S = "${WORKDIR}/git"
new file mode 100644
@@ -0,0 +1,141 @@
+From: Nick Clifton <nickc@redhat.com>
+Date: Wed, 5 Feb 2025 14:31:10 +0000
+
+Prevent illegal memory access when checking relocs in a corrupt ELF binary.
+
+PR 32641
+
+Upstream-Status: Backport [https://sourceware.org/git/?p=binutils-gdb.git;a=commitdiff;h=18cc11a2771d9e40180485da9a4fb660c03efac3]
+CVE: CVE-2025-1181
+
+Signed-off-by: Deepesh Varatharajan <Deepesh.Varatharajan@windriver.com>
+
+diff --git a/bfd/elf-bfd.h b/bfd/elf-bfd.h
+index 785a37dd7fd..d2bf8e5cbae 100644
+--- a/bfd/elf-bfd.h
++++ b/bfd/elf-bfd.h
+@@ -3150,6 +3150,9 @@ extern bool _bfd_elf_link_mmap_section_contents
+ extern void _bfd_elf_link_munmap_section_contents
+ (asection *);
+
++extern struct elf_link_hash_entry * _bfd_elf_get_link_hash_entry
++ (struct elf_link_hash_entry **, unsigned int, Elf_Internal_Shdr *);
++
+ /* Large common section. */
+ extern asection _bfd_elf_large_com_section;
+
+diff --git a/bfd/elf64-x86-64.c b/bfd/elf64-x86-64.c
+index 32db254ba6c..2d82c6583c3 100644
+--- a/bfd/elf64-x86-64.c
++++ b/bfd/elf64-x86-64.c
+@@ -1744,7 +1744,7 @@ elf_x86_64_convert_load_reloc (bfd *abfd,
+ bool to_reloc_pc32;
+ bool abs_symbol;
+ bool local_ref;
+- asection *tsec;
++ asection *tsec = NULL;
+ bfd_signed_vma raddend;
+ unsigned int opcode;
+ unsigned int modrm;
+@@ -1910,6 +1910,9 @@ elf_x86_64_convert_load_reloc (bfd *abfd,
+ return true;
+ }
+
++ if (tsec == NULL)
++ return false;
++
+ /* Don't convert GOTPCREL relocation against large section. */
+ if (elf_section_data (tsec) != NULL
+ && (elf_section_flags (tsec) & SHF_X86_64_LARGE) != 0)

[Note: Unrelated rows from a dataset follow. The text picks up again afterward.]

//! Whether the next row is in place, by what the rows before it say.

ghost use Rattle.std.specs.Prelude.{◌≡◌, ◌≢◌, ◌++◌, ◌∷◌, [], suc, List, MatchBool, OnOk, slice_index_or};
ghost use Rattle.entries.specs.declared.entry.Entry.TheVariants.{Pulse};
ghost use Rattle.entries.specs.declared.rows.StampedRow.{StampedRow};
ghost use Rattle.entries.specs.Rows.{stamped_row};
ghost use Rattle.stamps.specs.Merged.{IsInPlace, Precedes, stamp_behind};
ghost use Rattle.stamps.specs.Table.{IsCounted, IsPushed, IsEmptyTable, IsTableOf, count_in, counter_at};
ghost use Rattle.stamps.specs.Table.{list_in, wire_stamp_at};

use entries::{Entry, StampedRow};
use interference::Memory;
use std::alloc::{AllocError, Global};
use std::collections::HashMap;

type Puts = HashMap<(u32, u32), Vec<u64>>;

type Takes = HashMap<(u32, u32), usize>;

/// What rows of stamped entries say of the next row: its stamp, and that it may not come before any of them. A look
/// takes the same time however many rows there are.
pub struct StampTable {
    // The counter of each vertex that has a row.
    counters: HashMap<u32, u64>,
    // The stamps of the puts on a link, by the vertex that puts and the one that takes.
    puts: Puts,
    // How many wires were taken, by the vertex that takes and the one that puts.
    takes: Takes,
    // The last row, at the beginning 0 and 0.
    last_stamp: u64,
    last_vertex: u32,
}

impl Drop for StampTable {
    fn drop(self) {
        let StampTable {
            counters: _,
            puts: _,
            takes: _,
            last_stamp: _,
            last_vertex: _,
        } = self;
    }
}

// Whether a stamp is one more than a number.
fn follows(stamp: u64, counter: u64) -> bool
    ensures { MatchBool result (stamp ≡ suc counter) (stamp ≢ suc counter) }
{
    0 < stamp && stamp - 1 == counter
}

// Whether a row may come behind a row of this stamp and vertex.
fn comes_behind<T: Copy>(stamp: u64, vertex: u32, row: &StampedRow<T>) -> bool
    ensures { MatchBool result (Precedes (stamped_row stamp vertex (Pulse 0)) row.now)
        (Precedes (stamped_row stamp vertex (Pulse 0)) row.now → ⊥) }
{
    stamp < row.stamp || (stamp == row.stamp && vertex <= row.vertex)
}

// The stamp of put number k on a link, from 0; 0 if there is none.
fn put_stamp(puts: &Puts, link: (u32, u32), k: usize) -> u64
    ensures { result ≡ slice_index_or (list_in puts.now link) k 0 }
{
    match puts.get(&link) {
        Some(stamps) => stamps.get(k).copied().unwrap_or(0),
        None => 0,
    }
}

// How many wires were taken.
fn taken(takes: &Takes, link: (u32, u32)) -> usize
    ensures { result ≡ count_in takes.now link }
{
    takes.get(&link).copied().unwrap_or(0)
}

fn add_put(alloc: Global, puts: &mut Puts, link: (u32, u32), stamp: u64) -> Result<(), AllocError>
    ensures pushed { OnOk result (IsPushed puts.old puts.new link stamp) }
{
    puts.entry(link)?.or_insert(Vec::new(alloc)).push(stamp)?;
    Ok(())
}

fn add_take(takes: &mut Takes, link: (u32, u32)) -> Result<(), AllocError>
    ensures counted { OnOk result (IsCounted takes.old takes.new link) }
{
    // Never refused, since no memory has that many rows; but no contract says it.
    let count = taken(takes, link).checked_add(1).ok_or(AllocError)?;
    takes.insert(link, count)?;
    Ok(())
}

impl StampTable {
    /// The table of no rows.
    pub fn new(alloc: Global) -> StampTable
        ensures none { IsEmptyTable result }
    {
        StampTable {
            counters: HashMap::new(alloc),
            puts: HashMap::new(alloc),
            takes: HashMap::new(alloc),
            last_stamp: 0,
            last_vertex: 0,
        }
    }

    /// The counter of a vertex: the stamp of its last row, or 0 if it has none.
    pub fn stamp_of(&self, vertex: u32) -> u64
        ensures counter { result ≡ counter_at self.now vertex }
    {
        self.counters.get(&vertex).copied().unwrap_or(0)
    }

    // The stamp of the wire that a vertex takes next from another.
    fn wire_stamp(&self, v: u32, w: u32) -> u64
        ensures { result ≡ wire_stamp_at self.now v w }
    {
        put_stamp(&self.puts, (w, v), taken(&self.takes, (v, w)))
    }

    // Whether a row has the stamp that its node's counter gives it.
    fn is_next<T: Copy>(&self, row: &StampedRow<T>) -> bool
        ensures next { (rows : List (StampedRow T)) → IsTableOf rows self.now
            → MatchBool result (row.now.stamp ≡ stamp_behind rows row.now)
            (row.now.stamp ≢ stamp_behind rows row.now) }
    {
        let v = row.vertex;
        let counter = self.stamp_of(v);
        match row.entry {
            Entry::Pulse(_) => follows(row.stamp, counter),
            Entry::Put(_, _) => follows(row.stamp, counter),
            Entry::Take(w, _) => follows(row.stamp, counter.max(self.wire_stamp(v, w))),
        }
    }

    /// Whether a row is in place behind those rows: whether it has the stamp that its node's counter gives it, and none
    /// of them comes after it in the order.
    pub fn is_in_place<T: Copy>(&self, row: &StampedRow<T>) -> bool
        ensures place { (rows : List (StampedRow T)) → IsTableOf rows self.now
            → MatchBool result (IsInPlace rows row.now) (IsInPlace rows row.now → ⊥) }
    {
        comes_behind(self.last_stamp, self.last_vertex, row) && self.is_next(row)
    }

    /// The table with one row more, which is in place.
    ///
    /// # Errors
    ///
    /// `Memory` if memory is refused; the contents of the table are then unspecified.
    pub fn add<T: Copy>(&mut self, alloc: Global, row: &StampedRow<T>) -> Result<(), Memory>
        ensures added { OnOk result ((rows : List (StampedRow T)) → IsTableOf rows self.old
            → IsInPlace rows row.now → IsTableOf (rows ++ row.now ∷ []) self.new) }
    {
        let (v, stamp) = (row.vertex, row.stamp);
        self.last_stamp = stamp;
        self.last_vertex = v;
        self.counters.insert(v, stamp)?;
        match row.entry {
            Entry::Pulse(_) => {}
            Entry::Put(w, _) => add_put(alloc, &mut self.puts, (v, w), stamp)?,
            Entry::Take(w, _) => add_take(&mut self.takes, (v, w))?,
        }
        Ok(())
    }
}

+@@ -2206,10 +2209,7 @@ elf_x86_64_scan_relocs (bfd *abfd, struct bfd_link_info *info,
+ else
+ {
+ isym = NULL;
+- h = sym_hashes[r_symndx - symtab_hdr->sh_info];
+- while (h->root.type == bfd_link_hash_indirect
+- || h->root.type == bfd_link_hash_warning)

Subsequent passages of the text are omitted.